The literature reports other etiologies of cocaine-induced kidney injury (Fig. 8) [6]. Acute interstitial nephritis is one of them, with very few published reports. The epidemiology of these patients consists in male gender individuals aged around 40 years at presentation [23]. The clinical manifestations suggested for these patients is the onset of oliguria with abdominal pain, with dialysis often being necessary. The treatment, despite the etiology, consists in the withdrawal of the inducing agent, with the use of corticosteroids remaining controversial [23].
Finally, renal infarction is another important etiology of cocaine-induced kidney injury. It is also an etiology with few published reports. There seems to be no higher incidence between genders. The exact pathophysiology is unknown; however, as shown in flow chart I, there is platelet aggregation, increased thromboxane production, as well as increased endothelin production, together with an atherogenic effect [8, 25].
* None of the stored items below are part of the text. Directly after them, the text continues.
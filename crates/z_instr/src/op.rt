//! Operations.
ghost use Rattle.std.specs.Prelude.{◌<◌};
ghost use Rattle.z_instr.specs.declared.table.TheConstants.{ROWS};

/// An operation: the number of its row in the instruction table, which begins at 0.
#[derive(Clone, Copy, PartialEq, Eq)]
pub struct Op {
    pub number: u16,
    ghost known: { number < ROWS },
}
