//! The operands in storage, and what an operation demands of its fields and operands.
ghost use Rattle.std.specs.Prelude.{◌≡◌, ◌<◌};
ghost use Rattle.z_instr.specs.Operands.{bytes_of};

/// The bytes of one item in storage.
#[derive(Clone, Copy, PartialEq, Eq)]
pub enum Size {
    Byte,
    Halfword,
    Word,
    Doubleword,
}

impl Size {
    /// How many bytes the item has: 1, 2, 4 or 8.
    pub fn bytes(self) -> u8
        ensures count { result ≡ bytes_of self }
        ensures few { result < 9 }
    {
        match self {
            Size::Byte => 1,
            Size::Halfword => 2,
            Size::Word => 4,
            Size::Doubleword => 8,
        }
    }
}

/// Which operands in storage an operation touches. Those of one address stand at the first address of
/// the instruction.
#[derive(Clone, Copy, PartialEq, Eq)]
pub enum Operands {
    /// None.
    Absent,
    /// One item, fetched.
    Fetched(Size),
    /// One item, stored; it may be read too.
    Stored(Size),
    /// An item for each register from R1 up to R3, 0 after 15; fetched.
    FetchedMany(Size),
    /// An item for each register from R1 up to R3, 0 after 15; stored.
    StoredMany(Size),
    /// A doubleword, fetched, where the mask selects the condition code; else none.
    FetchedSelected,
    /// A doubleword, stored, where the mask selects the condition code; else none.
    StoredSelected,
    /// As many bytes at both addresses as the length code says and one; the first operand is stored, the
    /// second fetched.
    StoredAndFetched,
    /// As many bytes at both addresses as the length code says and one, fetched.
    BothFetched,
}

/// What an operation demands before it is executed, and which exception comes where it is not met.
#[derive(Clone, Copy, PartialEq, Eq)]
pub enum Demand {
    /// Nothing.
    Nothing,
    /// R1 is even, since it names a pair of registers: else specification.
    EvenPair,
    /// The operand stands on a boundary of its own size: else specification.
    Boundary,
    /// A transaction is there, else special operation; and the address is above 255, else specification.
    AbortCode,
    /// The filtering control is no 3, and a block that is named stands on a doubleword boundary: else
    /// specification. At depth 0 that block has to be accessible, and storable.
    Begin,
    /// No block is named: else specification.
    BeginConstrained,
    /// The immediate is 0: else operation, after all other tests.
    ServiceZero,
}
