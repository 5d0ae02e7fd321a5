//! What a transaction begins with.
ghost use Rattle.std.specs.Prelude.{◌≡◌, ◌<◌};
ghost use Rattle.tx_control.specs.Halfword.{bit_of};

/// What one TBEGIN or TBEGINC asks for.
#[derive(Clone, Copy, Debug, PartialEq, Eq)]
pub struct Begin {
    /// The general register save mask: bit i, from the left, is for general registers 2i and 2i + 1.
    pub mask: u8,
    /// Whether access registers may be changed.
    pub a: bool,
    /// Whether floating-point operations are allowed.
    pub f: bool,
    /// The program-interruption-filtering control.
    pub pifc: u8,
    /// The address of the diagnostic block, if one is named.
    pub block: Option<u64>,
    /// Whether the transaction is constrained.
    pub constrained: bool,
}

/// Whether bit `i` of a halfword is one, counted from the left, 0 to 15.
fn bit(halfword: u16, i: u8) -> bool
    requires { i < 16 }
    ensures { result ≡ bit_of i halfword }
{
    halfword >> (15 - i) & 1 == 1
}

impl Begin {
    ghost use Rattle.tx_control.specs.Begins.{asked_by};

    /// What a begin with this I field, this block and this kind asks for.
    ///
    /// Bits 0 to 7 of the field are the mask, bit 12 is the control of access registers, bit 13 that of
    /// floating point, and bits 14 and 15 are the filtering control. A constrained begin has the last two
    /// zero, whatever those bits are.
    pub fn of(i2: u16, block: Option<u64>, constrained: bool) -> Begin
        ensures { result ≡ asked_by i2 block constrained }
    {
        Begin {
            mask: (i2 >> 8) as u8,
            a: bit(i2, 12),
            f: !constrained && bit(i2, 13),
            pifc: if constrained { 0 } else { (i2 & 3) as u8 },
            block,
            constrained,
        }
    }
}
The presence of valvular heart disease and atheroembolic events are common risk factors. The clinical manifestations observed in these patients comprise intense and persistent flank pain, associated with nausea and/or vomiting, which may occur regardless of the cocaine administration route [24]. There is no consensus regarding treatment, and basal conditions, such as associated coagulopathies, should be assessed [25].
Therefore, cocaine and its adulterants, especially levamisole, directly and indirectly contribute to renal function and structure alterations, mainly regarding microhemodynamics. Increase in oxidative stress, increased platelet activation, increased production and activation of prostaglandins, increased sympathetic activity and endothelial dysfunction are the main pathophysiological effects caused by cocaine use. Consequently, the spectrum is varied and can be gathered into three groups: hypertension, chronic kidney disease and acute kidney injury, which was the focus of the present study.
In conclusion basically, 05 etiologies of acute kidney injury should always be remembered: rhabdomyolysis, thrombotic microangiopathy, vasculitis, acute interstitial nephritis and renal infarction. Emphasis should be given to rhabdomyolysis due to its higher prevalence. Considering the increasing rates of cocaine use, especially with the use of adulterating substances, these pathologies will likely be increasingly prevalent.
At first, the treatment may not be different, but there are significant differences in the prognosis of these patients, as well as the time of intensive monitoring, among other measures. The scarcity of reported cases suggests underdiagnosis and / or underreporting of cocaine-induced kidney injury and high clinical suspicion is important in patients with risk factors.
The scarcity of reports contributes to the uncertainty regarding several aspects of cocaine-induced nephropathies.